[Excerpted records]
════════

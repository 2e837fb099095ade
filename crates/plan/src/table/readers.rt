// What can be read off a plan.
ghost use Rattle.std.specs.Prelude.{◌≡◌, ◌-◌, length};
ghost use Rattle.plan.specs.Terms.{common_multiple};
ghost use Rattle.plan.specs.Plan.{rows_of, row_at, load_of};

use super::Plan;
use crate::terms::{COMMON_MULTIPLE, Terms};

impl Plan {
    /// How many rows there are: they are numbered from 0 upward.
    pub fn count(&self) -> u16
        ensures { result ≡ length (rows_of self.now) }
    {
        self.count as u16
    }

    /// The terms of the row with this number, if there is one.
    pub fn row(&self, number: u16) -> Option<Terms>
        ensures { result ≡ row_at (rows_of self.now) number }
    {
        self.rows().get(number as usize).copied()
    }

    /// All rows, in the order of their numbers.
    pub fn rows(&self) -> &[Terms]
        ensures { result.now ≡ rows_of self.now }
    {
        &self.rows[..self.count]
    }

    /// What the rows weigh together.
    pub fn load(&self) -> u32
        ensures { result ≡ load_of (rows_of self.now) }
    {
        self.load
    }

    /// What a further row may weigh at most.
    pub fn free(&self) -> u32
        ensures { result ≡ common_multiple - load_of (rows_of self.now) }
    {
        COMMON_MULTIPLE - self.load
    }
}
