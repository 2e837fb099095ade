// Making a plan, row by row.
ghost use Rattle.std.specs.Prelude.{◌≡◌, []};
ghost use Rattle.plan.specs.Plan.{rows_of, added, rows_after};

use super::{MOST_ROWS, Plan};
use crate::fault::PlanFault;
use crate::terms::{COMMON_MULTIPLE, Terms};

impl Plan {
    /// A plan with no rows.
    pub fn new() -> Plan
        ensures { rows_of result ≡ [] }
    {
        Plan {
            rows: [Terms::BLANK; MOST_ROWS],
            count: 0,
            load: 0,
        }
    }

    /// Adds a row with these terms and answers its number, or refuses and leaves the plan as it was.
    pub fn add(&mut self, terms: Terms) -> Result<u16, PlanFault>
        ensures answer { result ≡ added (rows_of self.old) terms }
        ensures rows { rows_of self.new ≡ rows_after (rows_of self.old) terms }
    {
        let number = self.count;
        if number >= MOST_ROWS {
            return Err(PlanFault::Full);
        }
        terms.check()?;
        let load = self.load + terms.weight();
        if load > COMMON_MULTIPLE {
            return Err(PlanFault::Weight);
        }
        self.rows[number] = terms;
        self.load = load;
        self.count = number + 1;
        Ok(number as u16)
    }
}
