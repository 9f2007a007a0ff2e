// A statement as the passes use it: what it says of the rules' statement, and how many words it takes.
#![tactic(auto)]

ghost use Rattle.std.specs.Prelude.{◌≡◌, ℕ, ◌+◌, ◌≤◌, ◌<◌, length};
ghost use Rattle.rules.specs.Statements.{Stmt};
ghost use Rattle.rules.specs.Passes.{word_len};
ghost use Rattle.parse_meaning.specs.Reading.{chars_at, Faithful};

use lex_literals::StringChar;
use parse::Statement;
use parse_rows::Op;

// How many characters a string has from a place inside it. Plain bytes are counted in runs.
pub fn string_size(src: &[u8], at: usize) -> usize
    ensures { (result ≡ length (chars_at src.now at)) × (result ≤ length src.now) }
{
    let mut i = at;
    let mut count: usize = 0;
    // A loop: what stands where a run ends says where to go on.
    loop {
        let stop = base_runs::plain_end(src, i);
        count += stop - i;
        match lex_literals::string_char(src, stop) {
            StringChar::Char { byte: _, next } => {
                count += 1;
                i = next;
            }
            StringChar::Done => {
                return count;
            }
        }
    }
}

// The words of a string whose quote stands at a place: its characters and a zero.
fn string_words(src: &[u8], quote: usize) -> u32
    requires { length src.now ≤ 262144 }
    ensures { (result ≡ length (chars_at src.now (quote + 1)) + 1) × (result ≤ 262145) }
{
    if quote < src.len() {
        let size = string_size(src, quote + 1);
        return size as u32 + 1;
    }
    1
}

// How many words a statement takes.
pub fn word_len(src: &[u8], st: Statement) -> u32
    requires { (length src.now ≤ 262144) × (st.bits < 65536) }
    ensures { (result ≤ 262145) × ((at : ℕ) (s : Stmt) → Faithful src.now at st s → result ≡ word_len s.op s) }
{
    let op = st.op;
    match op {
        Op::Instr => 1,
        Op::Fill => 1,
        Op::Blkw => st.bits,
        Op::Stringz => string_words(src, st.text_start),
        Op::Orig => 0,
        Op::End => 0,
        Op::External => 0,
    }
}
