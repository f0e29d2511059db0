// The worked numbers through the code.
use super::*;
use clock::alarm::Clock;
use clock::appointment::Appointment;
use clock::lead::lead;
use down::{Count, DownCounter};
use fault::Cause;
use jobs::{Action, Firing, Job, Kind};
use listing::listing;
use logger::logger::Logger;
use offset::{Offset, Shift};
use slots::moment::Moment;
use std::test::Fail;
use widening::{Bits, Widening};

#[test]
fn counters(rt: HostRuntime) -> Result<(), Fail> {
    let mut up = UpCounter::new(8, Word(250), 0)?;
    assert_eq!(rt;
        up.take(Word(256)),
        Err(Fault::in_device(Cause::StraySample, 0))
    );
    assert_eq!(rt; up.take(Word(4)), Ok(10));
    let mut wide = Widening::new(UpCounter::new(8, Word(250), 0)?, Bits::new(8)?);
    assert_eq!(rt; wide.reading(), 250);
    assert_eq!(rt; wide.take(Word(4)), Ok(10));
    assert_eq!(rt; wide.reading(), 260);
    let mut down = DownCounter::new(99, Count(30), 0)?;
    assert_eq!(rt;
        down.take(Count(100)),
        Err(Fault::in_device(Cause::StraySample, 0))
    );
    assert_eq!(rt; down.take(Count(99)), Ok(31));
    Ok(())
}

#[test]
fn alarms(rt: HostRuntime) -> Result<(), Fail> {
    let mut alarm = UpCounter::new(8, Word(10), 0)?;
    alarm.set(250, 20)?;
    assert_eq!(rt; alarm.hold(), 4);
    assert!(rt; alarm.stop());
    alarm.set(250, 16)?;
    assert_eq!(rt; alarm.claim(), Some(10));
    Ok(())
}

#[test]
fn rates(rt: HostRuntime) -> Result<(), Fail> {
    let mut slow = Rate::new(UpCounter::new(8, Word(0), 0)?, Ratio::new(125, 4096)?);
    slow.set(0, 1)?;
    assert_eq!(rt; slow.hold(), 33);
    assert!(rt; slow.stop());
    slow.set(0, 10)?;
    assert_eq!(rt; slow.hold(), 255);
    assert_eq!(rt; slow.take(Word(32)), Ok(0));
    assert_eq!(rt; slow.take(Word(33)), Ok(1));
    assert_eq!(rt; two_rates(), Ok(0));
    Ok(())
}

#[test]
fn leads(rt: HostRuntime) {
    assert_eq!(rt; lead(8, 5, 250), Ok(11));
    assert_eq!(rt; lead(8, 250, 5), Ok(-11));
    assert_eq!(rt; lead(8, 130, 2), Err(Fault::in_lead(Cause::HalfTurn)));
}

#[test]
fn three_layers_across_wraps(rt: HostRuntime) -> Result<(), Fail> {
    // 1900 true ticks in steps of 100, more than seven turns of the counter
    let wide = Widening::new(UpCounter::new(8, Word(0), 0)?, Bits::new(8)?);
    let mut up = Offset::new(Rate::new(wide, Ratio::new(1, 2)?), Shift::new(1000)?);
    for step in 1..20u32 {
        assert_eq!(rt; up.take(Word(step * 100 % 256)), Ok(50));
    }
    assert_eq!(rt; up.reading(), 1950);
    // 133 true ticks in steps of 7, more than thirteen rounds of ten
    let wide = Widening::new(DownCounter::new(9, Count(9), 0)?, Bits::new(8)?);
    let mut down = Offset::new(Rate::new(wide, Ratio::new(2, 3)?), Shift::new(5)?);
    for step in 1..20u32 {
        let _ = down.take(Count((209 - 7 * step) % 10))?;
    }
    assert_eq!(rt; down.reading(), 93);
    Ok(())
}

fn marks(kind: Kind) -> Job {
    Job {
        kind,
        action: Action::Mark,
    }
}

// Beside the one of the logger's tests, since a test module lends nothing.
fn marked(slot: usize, due: u64) -> Option<Firing> {
    Some(Firing {
        slot,
        due,
        at: 1025,
        action: Action::Mark,
    })
}

#[test]
fn firings(rt: HostRuntime) -> Result<(), Fail> {
    // at half the rate 50 true ticks, past a wrap of the counter, bring 25
    let wide = Widening::new(UpCounter::new(8, Word(250), 0)?, Bits::new(8)?);
    let stack = Rate::new(wide, Ratio::new(1, 2)?);
    let mut logger = Logger::new(stack, 0, Moment::new(1000)?);
    logger.set_up(2, 1000, 10, marks(Kind::Every { period: 10 }))?;
    logger.set_up(1, 1000, 20, marks(Kind::Once))?;
    assert_eq!(rt; logger.serve(Word(44)), Ok(1025));
    assert_eq!(rt; logger.next(), marked(2, 1010));
    assert_eq!(rt; logger.next(), marked(1, 1020));
    assert_eq!(rt; logger.next(), marked(2, 1020));
    assert_eq!(rt; logger.next(), None);
    Ok(())
}

#[test]
fn listings(rt: HostRuntime) {
    let mut buffer = [0u8; 32];
    let script = b"2 burst 3 10 0 read 1\n1 once 10 mark\n";
    assert_eq!(rt; listing(script, &mut buffer), Ok(19));
    assert_eq!(rt; buffer[0], b'0');
    assert_eq!(rt; buffer[18], b'\n');
    assert_eq!(rt; buffer[19], 0);
}
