// The worked numbers of the library: shown against the definitions, and run through the code.
#![tactic(auto)]

ghost use Rattle.std.specs.Prelude.{◌≡◌, length, All, Ok};
ghost use Rattle.worked.specs.Cases.{cases, True};

use clock::alarm::Alarm;
use fault::Fault;
use rate::{Rate, Ratio};
use up::{UpCounter, Word};

#[cfg(test)]
mod tests;

// How many worked numbers there are; each of them holds of the definitions.
pub fn worked_numbers() -> usize
    ensures count { result ≡ length cases }
    ensures all { All True cases }
{
    18
}

// What three true ticks gain at the rate 2/3 above the rate 1/2: each layer rounds for itself, so it is nothing yet.
pub fn two_rates() -> Result<u64, Fault>
    ensures { result ≡ Ok 0 }
{
    let counter = UpCounter::new(8, Word(0), 0)?;
    let half = Rate::new(counter, Ratio::new(1, 2)?);
    let mut third = Rate::new(half, Ratio::new(2, 3)?);
    third.take(Word(3))
}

════════

[Exercise details] How many lines in the records above contain the word "loop"? Answer with the number only.

[Answer] 2